Let us begin by reviewing the Scriptures, and especially the teaching of Christ with which the Fathers interacted. The Lord paints a consistent picture of divine rejection of the unrighteous. Those who are unrepentant evildoers at the last judgment will hear Christ say, “I never knew you; depart from Me, you evildoers” (Matthew 7:23). Those unprepared by repentance, portrayed in one of His parables as foolish virgins, will on that day pound at the door, saying, “Lord, Lord, open to us!”, only to hear Him reply, “Amen, I say to you, I do not know you.” (Matthew 25:11-2). The lost will be cast out into outer darkness (Matthew 8:12, 22:13, 25:30), cast into Gehenna (Mark 9:45). At the last judgement they will hear Christ say, “Depart from Me” (Matthew 25:41). Taken together, these are unmistakable and vivid pictures of rejection, and perhaps at the basis of St. Paul’s assertion that the disobedient will “pay the penalty of eternal destruction away from the presence of the Lord” (2 Thessalonians 1:9). This last phrase, rendered here “away from the presence of the Lord”, is the Greek apo prosopou tou kuriou. The preposition apo must here be rendered “away from” and not simply “from” (as coming from a source)—thus the Arndt-Gingrich Lexicon, which takes the preposition in this verse “to indicate distance from a point: away from”. The New Testament picture of Gehenna is consistently one of divine rejection.

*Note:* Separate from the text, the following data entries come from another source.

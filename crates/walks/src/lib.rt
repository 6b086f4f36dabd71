// The rests of a shape by position, and which pairs of rests two texts can share: definitions and proofs alone, no
// code.

#![tactic(auto)]
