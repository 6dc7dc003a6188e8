// A written index opens and is read back, whatever slopes were chosen: theorems about the index's definitions. No code of its own.
#![tactic(auto)]
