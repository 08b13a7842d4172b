//! A verdict as a text.

ghost use Rattle.std.specs.Prelude.{◌≡◌, ◌++◌, ◌<◌, length, codes, OnOk, OnErr, All};
ghost use Rattle.std.specs.Prelude.{map};
ghost use Rattle.std.specs.List.{flat_map};
ghost use Rattle.pct_ask.specs.VerdictText.{misuse_word, fault_word, HasNames, IsWholeVerdict};
ghost use Rattle.pct_ask.specs.VerdictText.{verdict_text};
ghost use Rattle.pct_ask.specs.VerdictPieces.{IsStartOf, Rises, place_piece, HasName};
ghost use Rattle.pct_ask.specs.Places.{AreRising};
ghost use Rattle.pct_ask.specs.VerdictRead.{ReadsAs};

use crate::ask::FaultKind;
use crate::blocked::Blocked;
use crate::limits::MAX_THREADS;
use crate::names::{NameKind, Names};
use crate::spaced::write_spaced_word;
use crate::verdict::{MisuseKind, Verdict};
use crate::verdict_words::{
    ALREADY_STARTED, CUT, FAILED, FAULT, MISUSE, NOT_OWNER, OVERFLOW, PASSED, SEM_FULL, SPIN,
    STUCK, TOO_MANY_READS, ZERO_DIVISOR, read_words,
};
use itoa::Buffer;
use std::alloc::AllocError as NoMemory;

/// What a text is read as.
#[derive(Clone, Copy, Debug, PartialEq, Eq, Hash)]
pub enum VerdictRead {
    Is(Verdict),
    /// It is no verdict's text, whatever the threads are.
    NoForm,
    /// It would be a verdict's text, if each name in it were a thread's.
    UnknownName,
}

/// Reads a verdict's text.
pub fn read_verdict(text: &[u8], names: &Names) -> VerdictRead
    ensures read { ReadsAs names.now text.now result }
    ensures only { (other : VerdictRead) → ReadsAs names.now text.now other → result ≡ other }
{
    read_words(text, names)
}

/// Writes a verdict's text at the end. After an `Err` the bytes are as before.
pub fn write_verdict(verdict: &Verdict, names: &Names, out: &mut Vec<u8>) -> Result<(), NoMemory>
    requires named { HasNames names.now verdict.now }
    requires whole { IsWholeVerdict verdict.now }
    ensures written { OnOk result
        (out.new.items ≡ out.old.items ++ verdict_text names.now verdict.now) }
    ensures unchanged { OnErr result (out.new.items ≡ out.old.items) }
    ensures read_back { OnOk result
        (ReadsAs names.now (verdict_text names.now verdict.now) (VerdictRead.Is verdict.now)) }
{
    // The names are lawful, and so what is written can be read.
    let _ = names.count(NameKind::Thread);
    let before = out.len();
    let written = push_verdict(verdict, names, out);
    if written.is_err() {
        out.truncate(before);
    }
    written
}

fn push_verdict(verdict: &Verdict, names: &Names, out: &mut Vec<u8>) -> Result<(), NoMemory>
    requires { HasNames names.now verdict.now }
    ensures written { OnOk result
        (out.new.items ≡ out.old.items ++ verdict_text names.now verdict.now) }
    ensures begun { OnErr result (IsStartOf out.old.items out.new.items) }
    ensures rising { OnOk result (Rises verdict.now) }
{
    match verdict {
        Verdict::Passed => out.extend_from_slice(PASSED),
        Verdict::Failed { thread, line } => push_placed(FAILED, *thread, *line, names, out),
        Verdict::Stuck { blocked } => push_stuck(blocked, names, out),
        Verdict::Misuse { thread, line, kind } => {
            push_placed(MISUSE, *thread, *line, names, out)?;
            write_spaced_word(misuse_word(*kind), out)
        }
        Verdict::Fault { thread, line, kind } => {
            push_placed(FAULT, *thread, *line, names, out)?;
            write_spaced_word(fault_word(*kind), out)
        }
        Verdict::Cut => out.extend_from_slice(CUT),
    }
}

fn push_stuck(blocked: &Blocked, names: &Names, out: &mut Vec<u8>) -> Result<(), NoMemory>
    requires { All (HasName names.now) (map (λ place. place.0) blocked.now) }
    ensures written { OnOk result
        (out.new.items
        ≡ out.old.items ++ codes "stuck" ++ flat_map (place_piece names.now) blocked.now) }
    ensures begun { OnErr result (IsStartOf out.old.items out.new.items) }
    ensures rising { OnOk result (AreRising blocked.now) }
{
    out.extend_from_slice(STUCK)?;
    for thread in 0..MAX_THREADS as u32 {
        if let Some(line) = blocked.get(thread) {
            push_place(thread, line, names, out)?;
        }
    }
    Ok(())
}

fn push_placed(
    head: &[u8],
    thread: u32,
    line: u32,
    names: &Names,
    out: &mut Vec<u8>,
) -> Result<(), NoMemory>
    requires { thread < length names.now.threads }
    ensures written { OnOk result
        (out.new.items ≡ out.old.items ++ head.now ++ place_piece names.now (thread, line)) }
    ensures begun { OnErr result (IsStartOf out.old.items out.new.items) }
{
    out.extend_from_slice(head)?;
    push_place(thread, line, names, out)
}

fn push_place(thread: u32, line: u32, names: &Names, out: &mut Vec<u8>) -> Result<(), NoMemory>
    requires { thread < length names.now.threads }
    ensures written { OnOk result
        (out.new.items ≡ out.old.items ++ place_piece names.now (thread, line)) }
    ensures begun { OnErr result (IsStartOf out.old.items out.new.items) }
{
    let mut buffer = Buffer::new();
    write_spaced_word(names.name(NameKind::Thread, thread).unwrap(), out)?;
    write_spaced_word(buffer.format(line).as_bytes(), out)
}

fn misuse_word(kind: MisuseKind) -> &'static [u8]
    ensures { result.now ≡ misuse_word kind }
{
    match kind {
        MisuseKind::NotOwner => NOT_OWNER,
        MisuseKind::SemFull => SEM_FULL,
        MisuseKind::AlreadyStarted => ALREADY_STARTED,
        MisuseKind::TooManyReads => TOO_MANY_READS,
    }
}

/// The word for a fault, in verdicts and in asks.
pub fn fault_word(kind: FaultKind) -> &'static [u8]
    ensures { result.now ≡ fault_word kind }
{
    match kind {
        FaultKind::Overflow => OVERFLOW,
        FaultKind::ZeroDivisor => ZERO_DIVISOR,
        FaultKind::Spin => SPIN,
    }
}
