//! Parts of the lines that writers put.

ghost use Rattle.std.specs.Prelude.{◌≡◌, ◌∷◌, ◌++◌, OnOk, OnErr};
ghost use Rattle.pct_ask.specs.Numbers.{number_text};
ghost use Rattle.pct_ask.specs.NameLists.{list_of};
ghost use Rattle.pct_ask.specs.TraceText.{name_at};
ghost use Rattle.pct_ask.specs.VerdictPieces.{IsStartOf};

use crate::names::{NameKind, Names};
use crate::number::write_number;
use std::alloc::AllocError as NoMemory;

/// The name at a place, from 0, and no bytes where there is none.
pub fn name_at(names: &Names, kind: NameKind, place: u32) -> &[u8]
    ensures { result.now ≡ name_at (list_of kind names.now) place }
{
    names.name(kind, place).unwrap_or(b"")
}

/// Writes a space and a word at the end.
pub fn write_spaced_word(word: &[u8], out: &mut Vec<u8>) -> Result<(), NoMemory>
    ensures written { OnOk result (out.new.items ≡ out.old.items ++ 32 ∷ word.now) }
    ensures begun { OnErr result (IsStartOf out.old.items out.new.items) }
{
    out.push(b' ')?;
    out.extend_from_slice(word)
}

/// Writes a space and a number's canonical decimal at the end.
pub fn write_spaced_number(value: i128, out: &mut Vec<u8>) -> Result<(), NoMemory>
    ensures { OnOk result (out.new.items ≡ out.old.items ++ 32 ∷ number_text value) }
{
    out.push(b' ')?;
    write_number(value, out)
}
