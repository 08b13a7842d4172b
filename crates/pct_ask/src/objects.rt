//! The threads and objects that an ask names.

ghost use Rattle.std.specs.Prelude.{◌↔◌, IsTrue};
ghost use Rattle.pct_ask.specs.Objects.{sizes_of_deal, IsInRange};

use crate::ask::Ask;
use crate::deal::Deal;

impl Deal {
    /// Whether the threads and objects that an ask names are there.
    pub fn has_objects_of(&self, ask: &Ask) -> bool
        ensures { IsTrue result ↔ IsInRange (sizes_of_deal self.now) ask.now }
    {
        match *ask {
            Ask::Read { var }
            | Ask::Write { var, .. }
            | Ask::Add { var, .. }
            | Ask::Cas { var, .. } => (var as usize) < self.vars.len(),
            Ask::Lock { mutex } | Ask::TryLock { mutex } | Ask::Unlock { mutex } => mutex
                < self.mutexes,
            Ask::Release { cond, mutex } | Ask::Regain { cond, mutex } => cond < self.conds
                && mutex < self.mutexes,
            Ask::Signal { cond } | Ask::Broadcast { cond } => cond < self.conds,
            Ask::Down { sem } | Ask::TryDown { sem } | Ask::Up { sem } => (sem as usize)
                < self.sems.len(),
            Ask::Arrive { barrier } | Ask::Leave { barrier } => (barrier as usize)
                < self.barriers.len(),
            Ask::Join { thread } | Ask::Start { thread } => thread < self.threads,
            Ask::Yield | Ask::Check { .. } | Ask::Fault { .. } | Ask::Begin => true,
            Ask::RdLock { rwlock }
            | Ask::WrLock { rwlock }
            | Ask::TryRdLock { rwlock }
            | Ask::TryWrLock { rwlock }
            | Ask::RwUnlock { rwlock } => rwlock < self.rwlocks,
        }
    }
}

In understanding these words, we must first understand the situation in which they were spoken. Christ wanted to portray the penalty for disobedience and unrighteousness in all its horror, to warn His hearers not to disobey and reject Him and His word. In a sense, the Lord was speaking with the vehemence of prophecy, not in the measured tones of later theologians and apologists. Like His counsel to the one tempted to sin to gouge out his eye rather than use it to sin (Mark 9:47), He speaks with holy hyperbole, warning us in urgent tones to flee from the wrath to come. His descriptions of the unquenchable fire, of the undying worm, and of the unexpectedly locked door make us tremble, as they were intended to do. Questions about justice and divine love did not arise, and would only have served to blunt the power of the prophetic warning. We must be clear however: Christ was not issuing empty threats, or bluffing. And He was not simply threatening, but also promising. He did not say, “Be careful to be righteous lest you go into eternal punishment”, but rather, “the unrighteous will go into eternal punishment” (Matthew 25:46). The Gospel is clear that the one who disobeyed the Son would not see life, but the wrath of God would remain upon him (John 3:36), and it is sadly certain that some have disobeyed the Son. These texts therefore cannot be read as merely admonitory and cautionary warnings of a terrible possibility. The Lord said such terrible possibilities were going to occur—such as in the case of Judas, the perished son of perdition, for whom it would have been better not to have been born (John 17:12, Matthew 26:24).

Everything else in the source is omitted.